Начинается сон картавой поговоркой полковника Феликса Най-Турса, которую, можно полагать, Турбин слышал от него, когда служил с ним в одном полку — гусарском Белградском во время Мировой войны: «Умигать — не в помигушки иг'ать». Помигушки или гляделки — игра, состоящая в том, что двое смотрят в глаза друг другу. Кто первый мигнул — тот проиграл. Поговорка в сущности предсказывает, как погибнет Най-Турс: глядя не мигая в глаза смерти, спасая своих «ребят» — юнкеров, отданных на растерзание «штабными стервами» (см. главу 11-ю). Во сне полковник является в обличье светозарного рыцаря. В таком же обличье и другой сослуживец Турбина — вахмистр Жилин, погибший еще в 1916 году вместе с эскадроном Белградских гусар. Он рассказывает сказку о том, как шел в рай его эскадрон: «А Апостол Петр, хоть человек вольный, но, знаете ли, положительный. Глазами — зырк, и вижу я, что баб-то он и увидел на повозках. Известно, платки на них ясные, за версту видно. Клюква, думаю. Полная засыпь всему эскадрону...» л Типичная солдатская сказка. И очень важно, что именно солдатская. Настоящие солдаты, знающие, что такое кровь и смерть, но с глазами, которые «чисты, бездонны, освещены изнутри», словно просвечены Божьим сиянием, говорят этой сказкой о том, что для Бога все одинаковые — верующие, неверующие, белые, красные... «Потому мне от вашей веры ни прибыли, ни убытку, — так передает Жилин Божьи слова. — Один верит, другой не верит, а поступки у вас у всех одинаковые: сейчас друг друга за глотку...» И место в раю приготовлено для всех убиенных на поле брани, в том числе и для большевиков, которые погибнут на Перекопе в 1920 году. «Все вы у меня, Жилин, одинаковые — в поле брани убиенные. Это, Жилин, понимать надо...»

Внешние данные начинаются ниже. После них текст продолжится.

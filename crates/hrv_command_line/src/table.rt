//! The commands, a row each: its name, its values and options, and what help says of them.

ghost use Rattle.std.specs.Prelude.{◌≡◌, map};
ghost use Rattle.hrv_command_line.specs.Commands as spec;

/// How many words a value of a command takes.
#[derive(Clone, Copy)]
pub enum ValueCount {
    /// One.
    Always,
    /// One, or none.
    Perhaps,
    /// All that are left over.
    AnyNumber,
}

/// What is after the name of an option.
#[derive(Clone, Copy)]
pub enum OptionKind {
    /// Nothing.
    Flag,
    /// A word.
    Word,
    /// A number of harts.
    Harts,
    /// A number of turns.
    Turns,
    /// A seed.
    Seed,
    /// A number of turns that one hart makes at once.
    Every,
    /// The number of a turn of a log.
    Turn,
    /// The number of a hart.
    Hart,
}

/// A value, named by its place after the command's name.
#[derive(Clone, Copy)]
pub struct Value<'a> {
    pub name: &'a str,
    pub need: ValueCount,
    pub help: &'a str,
}

/// An option, named by a word that begins with `--`.
#[derive(Clone, Copy)]
pub struct Choice<'a> {
    pub name: &'a str,
    pub kind: OptionKind,
    /// What help calls its text.
    pub text: &'a str,
    pub help: &'a str,
}

/// A command.
#[derive(Clone, Copy)]
pub struct CommandRow<'a> {
    pub name: &'a str,
    pub about: &'a str,
    pub values: &'a [Value<'a>],
    pub choices: &'a [Choice<'a>],
}

const ALGORITHM: Value<'static> = Value {
    name: "ALGORITHM",
    need: ValueCount::Always,
    help: "The algorithm's text",
};

const INPUTS: Value<'static> = Value {
    name: "INPUT",
    need: ValueCount::AnyNumber,
    help: "The inputs' pictures, in the order of the algorithm's lines",
};

const ROWS: [CommandRow<'static>; 18] = [
    CommandRow {
        name: "picture",
        about: "Draws the picture that an algorithm defines",
        values: &[ALGORITHM, INPUTS],
        choices: &[],
    },
    CommandRow {
        name: "compile",
        about: "Compiles an algorithm under a schedule and stores the image",
        values: &[
            ALGORITHM,
            Value {
                name: "SCHEDULE",
                need: ValueCount::Always,
                help: "The schedule's text, which changes speed and never pixels",
            },
            Value {
                name: "IMAGE",
                need: ValueCount::Always,
                help: "The file that the image is stored in",
            },
            INPUTS,
        ],
        choices: &[],
    },
    CommandRow {
        name: "map",
        about: "Says where the data and the code of a compiled image lie, a fact a line",
        values: &[
            ALGORITHM,
            Value {
                name: "SCHEDULE",
                need: ValueCount::Always,
                help: "The schedule's text",
            },
        ],
        choices: &[],
    },
    CommandRow {
        name: "run",
        about: "Runs an image by threads, a thread a hart, and stores the log of their turns",
        values: &[
            Value {
                name: "IMAGE",
                need: ValueCount::Always,
                help: "The image that is run",
            },
            Value {
                name: "LOG",
                need: ValueCount::Always,
                help: "The file that the log of all turns is stored in",
            },
        ],
        choices: &[
            Choice {
                name: "harts",
                kind: OptionKind::Harts,
                text: "N",
                help: "How many harts run, 1 to 8: one where it isn't given",
            },
            Choice {
                name: "turns",
                kind: OptionKind::Turns,
                text: "L",
                help: "How many turns each hart makes at most, 1 to 1099511627776: that many where it isn't given",
            },
            Choice {
                name: "from",
                kind: OptionKind::Word,
                text: "OLD",
                help: "The log that the run goes on from, with as many harts as that log has",
            },
            Choice {
                name: "seed",
                kind: OptionKind::Seed,
                text: "S",
                help: "Draws which hart makes turns, the same for one S, 0 to 18446744073709551615; not with --from",
            },
            Choice {
                name: "every",
                kind: OptionKind::Every,
                text: "K",
                help: "How many turns a hart makes at most each time it is drawn, 1 to 4096: one where it isn't given",
            },
            Choice {
                name: "record",
                kind: OptionKind::Word,
                text: "RECORD",
                help: "The file that the record of the run is stored in, which `hrv verify` reads",
            },
        ],
    },
    CommandRow {
        name: "replay",
        about: "Runs an image once more, turn by turn as the log says",
        values: &[
            Value {
                name: "IMAGE",
                need: ValueCount::Always,
                help: "The image that is run",
            },
            Value {
                name: "LOG",
                need: ValueCount::Always,
                help: "The log of the turns that harts make",
            },
        ],
        choices: &[],
    },
    CommandRow {
        name: "debug",
        about: "Answers questions about an image and a log, asked on standard input",
        values: &[
            Value {
                name: "IMAGE",
                need: ValueCount::Always,
                help: "The image that is asked about",
            },
            Value {
                name: "LOG",
                need: ValueCount::Always,
                help: "The log of its turns",
            },
        ],
        choices: &[],
    },
    CommandRow {
        name: "blame",
        about: "Says which turn of a log wrote a pixel last, or which hart wrote each",
        values: &[
            Value {
                name: "IMAGE",
                need: ValueCount::Always,
                help: "The image that was run",
            },
            Value {
                name: "LOG",
                need: ValueCount::Always,
                help: "The log of its turns",
            },
            Value {
                name: "X",
                need: ValueCount::Perhaps,
                help: "The column of a pixel; without X and Y all pixels are told of",
            },
            Value {
                name: "Y",
                need: ValueCount::Perhaps,
                help: "The row of that pixel",
            },
        ],
        choices: &[
            Choice {
                name: "address",
                kind: OptionKind::Word,
                text: "A",
                help: "A word of data, by its address, in place of a pixel",
            },
            Choice {
                name: "turns",
                kind: OptionKind::Flag,
                text: "",
                help: "Gives for each pixel the number of the turn, modulo 2147483648, in place of its hart",
            },
        ],
    },
    CommandRow {
        name: "profile",
        about: "Says at which words of an image the harts made a log's turns, and how often",
        values: &[
            Value {
                name: "IMAGE",
                need: ValueCount::Always,
                help: "The image that was run",
            },
            Value {
                name: "LOG",
                need: ValueCount::Always,
                help: "The log of its turns",
            },
        ],
        choices: &[],
    },
    CommandRow {
        name: "trace",
        about: "Says of each turn of a log what it was and what it changed, a line a turn",
        values: &[
            Value {
                name: "IMAGE",
                need: ValueCount::Always,
                help: "The image that was run",
            },
            Value {
                name: "LOG",
                need: ValueCount::Always,
                help: "The log of its turns",
            },
        ],
        choices: &[
            Choice {
                name: "from",
                kind: OptionKind::Turn,
                text: "K",
                help: "The first turn that is told of, the log's first being 0",
            },
            Choice {
                name: "to",
                kind: OptionKind::Turn,
                text: "K",
                help: "The last turn that is told of",
            },
            Choice {
                name: "hart",
                kind: OptionKind::Hart,
                text: "H",
                help: "Tells of turns of this hart alone, 0 to 7",
            },
            Choice {
                name: "address",
                kind: OptionKind::Word,
                text: "A",
                help: "Tells of turns alone that load or store this word of data",
            },
        ],
    },
    CommandRow {
        name: "races",
        about: "Says at which place of a log two harts race first",
        values: &[
            Value {
                name: "IMAGE",
                need: ValueCount::Always,
                help: "The image that was run",
            },
            Value {
                name: "LOG",
                need: ValueCount::Always,
                help: "The log of its turns",
            },
            Value {
                name: "BUT",
                need: ValueCount::AnyNumber,
                help: "Words of data that are left out, by their addresses",
            },
        ],
        choices: &[],
    },
    CommandRow {
        name: "log",
        about: "Prints the runs of a log as text, or makes a log of such a text",
        values: &[
            Value {
                name: "FILE",
                need: ValueCount::Always,
                help: "The log that is printed; before LOG the text that a log is made of",
            },
            Value {
                name: "LOG",
                need: ValueCount::Perhaps,
                help: "The file that the log is stored in",
            },
        ],
        choices: &[],
    },
    CommandRow {
        name: "digest",
        about: "Prints the SHA-256 digest of files, a line each",
        values: &[
            Value {
                name: "FILE",
                need: ValueCount::Always,
                help: "A file",
            },
            Value {
                name: "MORE",
                need: ValueCount::AnyNumber,
                help: "Other files",
            },
        ],
        choices: &[],
    },
    CommandRow {
        name: "verify",
        about: "Says whether an image and a log are those of a record, and end as it says",
        values: &[
            Value {
                name: "RECORD",
                need: ValueCount::Always,
                help: "The record that `hrv run --record` stored",
            },
            Value {
                name: "IMAGE",
                need: ValueCount::Always,
                help: "The image that was run",
            },
            Value {
                name: "LOG",
                need: ValueCount::Always,
                help: "The log of its turns",
            },
        ],
        choices: &[],
    },
    CommandRow {
        name: "asm",
        about: "Assembles a text and stores the image",
        values: &[
            Value {
                name: "SOURCE",
                need: ValueCount::Always,
                help: "The assembly text",
            },
            Value {
                name: "IMAGE",
                need: ValueCount::Always,
                help: "The file that the image is stored in",
            },
        ],
        choices: &[],
    },
    CommandRow {
        name: "dis",
        about: "Prints a line for each word of an image's text",
        values: &[Value {
            name: "IMAGE",
            need: ValueCount::Always,
            help: "The image whose text is listed",
        }],
        choices: &[Choice {
            name: "addresses",
            kind: OptionKind::Flag,
            text: "",
            help: "Ends each line in a comment with its address",
        }],
    },
    CommandRow {
        name: "renew",
        about: "Stores an image in the newest format",
        values: &[
            Value {
                name: "OLD",
                need: ValueCount::Always,
                help: "An image of either format",
            },
            Value {
                name: "NEW",
                need: ValueCount::Always,
                help: "The file that it is stored in; it may be OLD",
            },
        ],
        choices: &[],
    },
    CommandRow {
        name: "explain",
        about: "Says what a refusal means, and what helps: `hrv explain load 2`",
        values: &[Value {
            name: "REFUSAL",
            need: ValueCount::AnyNumber,
            help: "A refusal as it is printed, or its family and code; without it all families are listed",
        }],
        choices: &[],
    },
    CommandRow {
        name: "version",
        about: "Prints the version of the program, and the logic that it is proved in, as --version does",
        values: &[],
        choices: &[],
    },
];

/// All commands, in the order in which help lists them.
pub fn rows() -> &'static [CommandRow<'static>]
    ensures { map spec.shape_of result.now ≡ spec.commands }
{
    &ROWS
}
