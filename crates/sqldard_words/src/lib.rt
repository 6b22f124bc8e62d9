// The description entries for programs that cannot lend a list of records: each column in 22 words of 64 bits.
#![tactic(auto)]

ghost use Rattle.std.specs.Prelude.{◌≡◌, ◌≤◌, ◌*◌, ◌/◌, length};
ghost use Rattle.search.specs.Search.{over};
ghost use Rattle.codepage.specs.Page.{page037};
ghost use Rattle.column_words.specs.Words.{all_words};
ghost use Rattle.plan.specs.Decision.{columns_decided, Decides};
ghost use Rattle.plan.specs.Description.{Description, description, with_code_point};
ghost use Rattle.sqldard_words.specs.Given.{Gives};

use column_words::WORDS_PER_COLUMN;
use outcome::Refusal;
use plan::{Decision, Sqldard};

// Writes a decision's columns as words. sqldard writes records, by another filler.
fn fill_words(decision: Decision<'_>, words: &mut [u64]) -> Sqldard
    requires { length (columns_decided decision) * 22 ≤ length words.old }
    ensures gives { result.card ≡ decision.entry.card }
    ensures counts { result.count ≡ length (columns_decided decision.entry) }
    ensures fills { words.new ≡ over (all_words (columns_decided decision.entry)) words.old }
{
    filling::fill_blocks(
        decision.columns(),
        WORDS_PER_COLUMN,
        words,
        column_words::put_column_words,
    );
    Sqldard {
        card: decision.card,
        count: decision.count(),
    }
}

// Writes and answers what was decided, whichever description that carries out.
fn written(decision: Result<Decision<'_>, Refusal>, words: &mut [u64]) -> Result<Sqldard, Refusal>
    requires { (wanted : Description) × Decides (length words.old / 22) decision wanted }
    ensures gives { (wanted : Description) → Decides (length words.old / 22) decision.entry wanted → Gives result wanted }
    ensures fills { (wanted : Description) → Decides (length words.old / 22) decision.entry wanted → words.new ≡ over (all_words wanted.columns) words.old }
{
    let decision = decision?;
    Ok(fill_words(decision, words))
}

// The entry description, with room for a column in each 22 words. Nothing is written where it refuses.
pub fn parse_sqldard_data(reply: &[u8], columns: &mut [u64]) -> Result<Sqldard, Refusal>
    ensures gives { Gives result (description page037 (length columns.old / 22) reply.now) }
    ensures fills { columns.new ≡ over (all_words (description page037 (length columns.old / 22) reply.now).columns) columns.old }
{
    written(
        plan::decide(reply, columns.len() / WORDS_PER_COLUMN),
        columns,
    )
}

// The same with the reply's code point, which must be SQLDARD's: an entry of its own of document 01, a line over `written`.
pub fn parse_sqldard(code_point: u16, reply: &[u8], columns: &mut [u64]) -> Result<Sqldard, Refusal>
    ensures gives { Gives result (with_code_point page037 (length columns.old / 22) code_point reply.now) }
    ensures fills { columns.new ≡ over (all_words (with_code_point page037 (length columns.old / 22) code_point reply.now).columns) columns.old }
{
    written(
        plan::decide_at(code_point, reply, columns.len() / WORDS_PER_COLUMN),
        columns,
    )
}
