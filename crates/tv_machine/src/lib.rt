//! What a run does: the flat machine, in definitions alone, which has neither views nor phases nor posted events; they stand
//! in specs/. And what a script asks of it.
#![tactic(auto)]

mod field;
mod script;

pub use field::is_field;
pub use script::Item;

Много еще чудится и видится в этом странном сне Турбину — мелькает словно бы лицо той женщины, которая его вскоре спасет, упоминается «неизвестный юнкерок», сопровождающий в раю Най-Турса, вроде бы — Николка Турбин, кто же еще — ведь Николка останется с полковником до конца, но это еще впереди...
А главное впечатление от сказки — преодоление удушья, глоток райского воздуха, душевное просветление. Отчего «...необъяснимая радость наполнила сердце спящего»? Отчего во сне Турбин просился врачом в райскую бригаду Най-Турса и Жилина, отчего проснулся в счастливых слезах? Каждый читатель волен толковать сон-сказку по-своему. Одно только представляется несомненным: здесь отвергается ненависть, вражда людей и как самое святое дело на Земле и на Небе утверждается милосердие.